Your answer should be a single number: how many lines in the data below hold the string "tupled".
[Start of Attachment]
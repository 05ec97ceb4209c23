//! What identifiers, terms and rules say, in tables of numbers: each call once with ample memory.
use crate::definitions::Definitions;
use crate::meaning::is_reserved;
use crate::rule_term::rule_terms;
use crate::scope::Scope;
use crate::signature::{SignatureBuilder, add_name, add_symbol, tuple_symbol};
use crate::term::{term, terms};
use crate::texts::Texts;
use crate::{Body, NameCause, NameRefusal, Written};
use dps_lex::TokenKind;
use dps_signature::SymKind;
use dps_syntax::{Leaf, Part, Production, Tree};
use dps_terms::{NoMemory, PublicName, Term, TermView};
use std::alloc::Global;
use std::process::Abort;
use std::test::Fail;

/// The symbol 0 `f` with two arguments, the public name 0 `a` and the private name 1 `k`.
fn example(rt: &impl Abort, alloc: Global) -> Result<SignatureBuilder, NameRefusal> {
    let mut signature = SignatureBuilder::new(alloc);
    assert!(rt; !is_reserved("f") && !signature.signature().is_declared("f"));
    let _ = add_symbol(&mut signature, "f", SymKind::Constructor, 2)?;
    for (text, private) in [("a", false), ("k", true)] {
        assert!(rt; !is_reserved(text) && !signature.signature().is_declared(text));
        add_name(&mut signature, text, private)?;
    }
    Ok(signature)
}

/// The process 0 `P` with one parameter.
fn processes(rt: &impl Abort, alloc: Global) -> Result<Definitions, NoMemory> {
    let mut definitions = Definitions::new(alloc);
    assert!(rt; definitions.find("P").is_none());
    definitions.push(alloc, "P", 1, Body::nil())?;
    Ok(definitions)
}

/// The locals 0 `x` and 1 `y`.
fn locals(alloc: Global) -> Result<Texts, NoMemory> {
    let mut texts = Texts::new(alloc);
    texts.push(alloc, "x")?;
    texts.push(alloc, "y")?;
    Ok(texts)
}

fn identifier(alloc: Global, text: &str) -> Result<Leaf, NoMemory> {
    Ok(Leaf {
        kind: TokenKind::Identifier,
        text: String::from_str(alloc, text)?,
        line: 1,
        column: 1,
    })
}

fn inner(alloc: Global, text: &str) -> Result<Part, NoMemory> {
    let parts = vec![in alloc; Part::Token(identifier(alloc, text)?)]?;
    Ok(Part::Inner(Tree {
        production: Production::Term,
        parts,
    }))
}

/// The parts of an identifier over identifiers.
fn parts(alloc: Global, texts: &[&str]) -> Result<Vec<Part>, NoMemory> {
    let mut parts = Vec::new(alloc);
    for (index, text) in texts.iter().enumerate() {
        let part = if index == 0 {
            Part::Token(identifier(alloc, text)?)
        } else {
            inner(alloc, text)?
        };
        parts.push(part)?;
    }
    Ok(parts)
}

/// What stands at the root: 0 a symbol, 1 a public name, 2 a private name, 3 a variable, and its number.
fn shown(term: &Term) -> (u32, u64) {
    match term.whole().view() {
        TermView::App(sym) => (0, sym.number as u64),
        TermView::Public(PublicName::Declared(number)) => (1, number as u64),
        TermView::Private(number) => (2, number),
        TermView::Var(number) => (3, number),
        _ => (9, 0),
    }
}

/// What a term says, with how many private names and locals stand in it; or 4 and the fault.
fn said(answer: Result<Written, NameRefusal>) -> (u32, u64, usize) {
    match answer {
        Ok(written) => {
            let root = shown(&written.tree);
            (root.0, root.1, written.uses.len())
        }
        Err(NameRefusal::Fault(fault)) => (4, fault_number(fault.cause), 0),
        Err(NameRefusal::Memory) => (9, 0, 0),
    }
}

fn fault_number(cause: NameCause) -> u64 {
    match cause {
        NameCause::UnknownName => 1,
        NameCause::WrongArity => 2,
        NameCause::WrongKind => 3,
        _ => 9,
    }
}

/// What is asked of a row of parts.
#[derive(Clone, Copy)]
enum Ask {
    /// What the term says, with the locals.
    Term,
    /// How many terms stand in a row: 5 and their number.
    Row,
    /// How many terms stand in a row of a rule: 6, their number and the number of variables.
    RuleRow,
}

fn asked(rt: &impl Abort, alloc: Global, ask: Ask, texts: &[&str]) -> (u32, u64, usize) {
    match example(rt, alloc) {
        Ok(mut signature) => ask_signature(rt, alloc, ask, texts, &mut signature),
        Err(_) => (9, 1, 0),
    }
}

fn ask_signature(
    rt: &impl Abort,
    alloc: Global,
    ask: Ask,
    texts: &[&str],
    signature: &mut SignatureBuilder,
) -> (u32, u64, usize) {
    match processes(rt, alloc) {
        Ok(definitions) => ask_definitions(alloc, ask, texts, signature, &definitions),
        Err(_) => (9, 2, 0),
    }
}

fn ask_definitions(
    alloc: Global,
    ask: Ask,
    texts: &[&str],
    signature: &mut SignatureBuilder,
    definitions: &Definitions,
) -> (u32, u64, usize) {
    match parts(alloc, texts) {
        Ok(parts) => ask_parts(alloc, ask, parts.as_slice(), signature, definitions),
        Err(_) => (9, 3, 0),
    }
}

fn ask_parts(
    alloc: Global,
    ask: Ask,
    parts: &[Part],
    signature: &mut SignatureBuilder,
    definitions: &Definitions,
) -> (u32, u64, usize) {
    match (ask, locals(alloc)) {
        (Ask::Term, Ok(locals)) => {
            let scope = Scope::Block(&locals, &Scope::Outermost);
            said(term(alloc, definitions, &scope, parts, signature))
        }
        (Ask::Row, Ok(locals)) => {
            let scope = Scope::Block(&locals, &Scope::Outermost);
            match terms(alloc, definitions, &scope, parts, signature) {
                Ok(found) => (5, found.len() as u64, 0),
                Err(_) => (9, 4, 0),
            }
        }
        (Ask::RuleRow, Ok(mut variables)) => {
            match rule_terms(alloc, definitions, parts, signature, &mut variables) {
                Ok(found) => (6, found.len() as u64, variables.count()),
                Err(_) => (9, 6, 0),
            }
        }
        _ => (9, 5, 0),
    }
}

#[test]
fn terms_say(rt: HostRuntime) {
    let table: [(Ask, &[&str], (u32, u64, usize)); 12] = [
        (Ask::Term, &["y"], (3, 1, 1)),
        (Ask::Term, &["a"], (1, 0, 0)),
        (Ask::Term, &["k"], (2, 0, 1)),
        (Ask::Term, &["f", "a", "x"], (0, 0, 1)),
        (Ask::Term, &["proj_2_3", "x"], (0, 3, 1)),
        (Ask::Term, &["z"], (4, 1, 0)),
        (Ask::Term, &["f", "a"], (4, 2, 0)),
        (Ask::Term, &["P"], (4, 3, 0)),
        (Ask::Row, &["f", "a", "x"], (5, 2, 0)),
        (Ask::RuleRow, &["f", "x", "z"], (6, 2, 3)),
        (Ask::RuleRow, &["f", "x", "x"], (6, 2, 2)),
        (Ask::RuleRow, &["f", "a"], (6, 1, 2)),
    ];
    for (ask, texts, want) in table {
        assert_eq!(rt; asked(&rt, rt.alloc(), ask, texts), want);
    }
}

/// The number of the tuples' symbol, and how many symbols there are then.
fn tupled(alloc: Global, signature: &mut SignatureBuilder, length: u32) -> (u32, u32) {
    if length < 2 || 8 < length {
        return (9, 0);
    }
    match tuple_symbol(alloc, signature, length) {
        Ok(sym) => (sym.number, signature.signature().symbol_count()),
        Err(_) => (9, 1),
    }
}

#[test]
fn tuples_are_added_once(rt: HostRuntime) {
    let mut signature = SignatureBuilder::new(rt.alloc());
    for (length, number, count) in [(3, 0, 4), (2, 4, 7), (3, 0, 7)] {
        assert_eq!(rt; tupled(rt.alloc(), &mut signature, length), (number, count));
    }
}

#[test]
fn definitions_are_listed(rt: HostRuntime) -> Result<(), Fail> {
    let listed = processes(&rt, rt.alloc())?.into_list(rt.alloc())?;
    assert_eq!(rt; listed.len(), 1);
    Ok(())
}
[End of Attachment]
[Start of Attachment]
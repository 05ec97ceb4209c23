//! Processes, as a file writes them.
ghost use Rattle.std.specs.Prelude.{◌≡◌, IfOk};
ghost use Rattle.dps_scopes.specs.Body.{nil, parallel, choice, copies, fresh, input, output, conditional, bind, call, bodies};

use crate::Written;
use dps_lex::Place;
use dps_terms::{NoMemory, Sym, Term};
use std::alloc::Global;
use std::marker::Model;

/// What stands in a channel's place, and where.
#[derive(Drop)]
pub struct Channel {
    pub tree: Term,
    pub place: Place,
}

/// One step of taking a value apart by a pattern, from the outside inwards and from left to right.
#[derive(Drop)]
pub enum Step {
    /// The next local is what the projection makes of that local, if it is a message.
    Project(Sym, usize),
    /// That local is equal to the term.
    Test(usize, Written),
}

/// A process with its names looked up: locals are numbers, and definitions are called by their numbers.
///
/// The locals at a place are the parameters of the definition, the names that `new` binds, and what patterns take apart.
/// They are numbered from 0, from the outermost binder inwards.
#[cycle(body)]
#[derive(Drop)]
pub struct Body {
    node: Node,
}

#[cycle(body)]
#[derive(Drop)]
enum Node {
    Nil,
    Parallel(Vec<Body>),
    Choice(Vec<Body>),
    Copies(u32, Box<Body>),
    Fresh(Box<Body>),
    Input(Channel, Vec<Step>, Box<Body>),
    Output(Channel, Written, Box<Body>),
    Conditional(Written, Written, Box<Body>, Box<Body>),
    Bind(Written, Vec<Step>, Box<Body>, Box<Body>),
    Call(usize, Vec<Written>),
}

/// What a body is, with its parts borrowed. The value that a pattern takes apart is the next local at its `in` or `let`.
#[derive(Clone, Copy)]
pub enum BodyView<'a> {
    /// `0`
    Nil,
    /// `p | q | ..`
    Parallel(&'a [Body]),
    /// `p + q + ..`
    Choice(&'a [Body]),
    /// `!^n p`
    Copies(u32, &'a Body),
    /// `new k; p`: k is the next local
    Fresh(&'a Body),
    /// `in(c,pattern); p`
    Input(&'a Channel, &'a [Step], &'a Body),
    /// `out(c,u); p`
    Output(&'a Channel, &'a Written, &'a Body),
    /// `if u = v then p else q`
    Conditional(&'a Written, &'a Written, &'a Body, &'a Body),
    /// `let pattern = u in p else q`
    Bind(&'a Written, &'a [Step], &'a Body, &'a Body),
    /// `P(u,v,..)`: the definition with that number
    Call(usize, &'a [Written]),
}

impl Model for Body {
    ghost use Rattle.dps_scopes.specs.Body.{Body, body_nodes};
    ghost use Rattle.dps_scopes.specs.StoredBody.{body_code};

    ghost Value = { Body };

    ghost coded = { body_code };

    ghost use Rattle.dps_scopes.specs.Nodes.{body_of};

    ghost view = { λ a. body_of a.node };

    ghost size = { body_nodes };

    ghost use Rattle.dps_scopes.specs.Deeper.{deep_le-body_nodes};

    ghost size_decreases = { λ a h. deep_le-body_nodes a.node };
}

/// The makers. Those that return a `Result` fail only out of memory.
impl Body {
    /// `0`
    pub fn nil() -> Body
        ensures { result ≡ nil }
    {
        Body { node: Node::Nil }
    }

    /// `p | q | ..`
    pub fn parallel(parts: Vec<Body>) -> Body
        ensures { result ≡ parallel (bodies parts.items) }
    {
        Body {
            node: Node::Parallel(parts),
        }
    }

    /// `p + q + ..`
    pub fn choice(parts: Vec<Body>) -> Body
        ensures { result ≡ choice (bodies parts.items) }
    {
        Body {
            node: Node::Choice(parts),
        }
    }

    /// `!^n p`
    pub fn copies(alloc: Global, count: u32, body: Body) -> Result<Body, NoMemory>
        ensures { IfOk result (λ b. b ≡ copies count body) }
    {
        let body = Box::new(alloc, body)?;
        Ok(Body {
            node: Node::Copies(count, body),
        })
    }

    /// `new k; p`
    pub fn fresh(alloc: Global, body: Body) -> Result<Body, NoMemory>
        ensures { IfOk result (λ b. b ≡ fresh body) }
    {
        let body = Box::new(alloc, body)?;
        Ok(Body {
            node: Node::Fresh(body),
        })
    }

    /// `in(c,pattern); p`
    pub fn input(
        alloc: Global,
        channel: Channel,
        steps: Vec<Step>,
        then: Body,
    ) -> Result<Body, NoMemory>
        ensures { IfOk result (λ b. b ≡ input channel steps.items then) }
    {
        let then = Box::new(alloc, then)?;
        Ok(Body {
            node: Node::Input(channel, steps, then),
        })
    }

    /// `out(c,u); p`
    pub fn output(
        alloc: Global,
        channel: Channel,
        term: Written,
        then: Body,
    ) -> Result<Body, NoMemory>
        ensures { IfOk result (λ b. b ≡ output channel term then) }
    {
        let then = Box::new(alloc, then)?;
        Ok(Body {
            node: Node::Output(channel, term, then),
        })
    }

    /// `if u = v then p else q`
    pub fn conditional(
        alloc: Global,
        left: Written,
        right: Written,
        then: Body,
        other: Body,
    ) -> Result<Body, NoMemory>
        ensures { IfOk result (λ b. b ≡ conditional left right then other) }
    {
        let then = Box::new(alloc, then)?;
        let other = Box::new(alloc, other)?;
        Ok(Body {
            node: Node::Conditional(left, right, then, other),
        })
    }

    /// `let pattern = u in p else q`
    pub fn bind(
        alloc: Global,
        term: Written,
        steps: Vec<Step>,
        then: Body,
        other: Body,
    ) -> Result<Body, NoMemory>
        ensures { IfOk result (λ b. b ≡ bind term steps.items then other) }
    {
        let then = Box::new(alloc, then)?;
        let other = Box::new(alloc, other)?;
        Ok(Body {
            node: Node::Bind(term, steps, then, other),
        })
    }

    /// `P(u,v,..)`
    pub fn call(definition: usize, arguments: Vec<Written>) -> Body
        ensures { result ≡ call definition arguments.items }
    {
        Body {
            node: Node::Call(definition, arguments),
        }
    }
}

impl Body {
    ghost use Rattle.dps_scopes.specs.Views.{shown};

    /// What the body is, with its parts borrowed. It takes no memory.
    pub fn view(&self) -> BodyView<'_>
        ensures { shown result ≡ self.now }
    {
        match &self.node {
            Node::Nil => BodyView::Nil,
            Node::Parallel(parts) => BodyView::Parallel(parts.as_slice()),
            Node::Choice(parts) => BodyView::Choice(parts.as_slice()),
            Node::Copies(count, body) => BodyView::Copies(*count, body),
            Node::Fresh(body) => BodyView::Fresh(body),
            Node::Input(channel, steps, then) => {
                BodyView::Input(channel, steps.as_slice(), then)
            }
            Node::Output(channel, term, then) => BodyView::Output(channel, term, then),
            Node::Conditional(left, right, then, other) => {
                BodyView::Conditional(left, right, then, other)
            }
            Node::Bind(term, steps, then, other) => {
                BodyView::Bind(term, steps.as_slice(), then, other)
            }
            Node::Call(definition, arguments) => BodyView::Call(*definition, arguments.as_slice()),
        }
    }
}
[End of Attachment]
◆ Task output
2